Instructions for the task: Scan the entries below for the word "leaf" and copy every line in which it occurs.

──────── Available data

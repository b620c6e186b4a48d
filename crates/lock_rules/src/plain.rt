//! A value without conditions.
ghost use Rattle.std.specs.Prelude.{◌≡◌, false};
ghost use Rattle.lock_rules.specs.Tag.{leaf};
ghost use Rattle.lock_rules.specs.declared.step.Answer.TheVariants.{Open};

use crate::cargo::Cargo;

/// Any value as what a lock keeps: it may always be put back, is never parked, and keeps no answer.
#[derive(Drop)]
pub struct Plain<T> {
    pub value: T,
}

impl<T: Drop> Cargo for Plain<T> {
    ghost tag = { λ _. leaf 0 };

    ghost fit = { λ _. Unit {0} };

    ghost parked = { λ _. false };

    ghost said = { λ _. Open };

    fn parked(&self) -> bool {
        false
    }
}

────────────────
──────── Available data

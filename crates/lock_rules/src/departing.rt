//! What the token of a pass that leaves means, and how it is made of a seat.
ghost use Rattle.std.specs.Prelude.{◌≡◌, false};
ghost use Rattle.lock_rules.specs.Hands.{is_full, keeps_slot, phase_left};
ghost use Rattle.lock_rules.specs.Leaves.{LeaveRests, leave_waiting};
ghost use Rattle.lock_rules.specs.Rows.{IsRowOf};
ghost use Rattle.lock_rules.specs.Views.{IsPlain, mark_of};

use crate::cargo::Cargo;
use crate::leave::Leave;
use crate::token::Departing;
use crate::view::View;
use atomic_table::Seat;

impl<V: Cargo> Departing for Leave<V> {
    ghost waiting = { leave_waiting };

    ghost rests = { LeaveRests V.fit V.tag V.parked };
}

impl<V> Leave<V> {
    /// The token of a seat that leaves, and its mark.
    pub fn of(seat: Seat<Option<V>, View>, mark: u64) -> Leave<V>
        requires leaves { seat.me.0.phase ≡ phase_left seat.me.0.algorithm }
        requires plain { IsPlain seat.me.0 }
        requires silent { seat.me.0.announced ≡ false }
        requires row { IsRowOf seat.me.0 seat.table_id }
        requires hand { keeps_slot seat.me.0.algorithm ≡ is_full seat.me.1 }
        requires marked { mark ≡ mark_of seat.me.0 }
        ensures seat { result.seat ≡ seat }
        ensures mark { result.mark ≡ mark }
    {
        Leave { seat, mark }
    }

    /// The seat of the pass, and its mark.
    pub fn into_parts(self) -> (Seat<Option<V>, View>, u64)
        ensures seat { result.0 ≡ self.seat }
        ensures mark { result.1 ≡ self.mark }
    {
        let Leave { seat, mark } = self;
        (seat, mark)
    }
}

────────────────

Answer to the problem:
ghost use Rattle.lock_rules.specs.Tag.{leaf};
    ghost tag = { λ _. leaf 0 };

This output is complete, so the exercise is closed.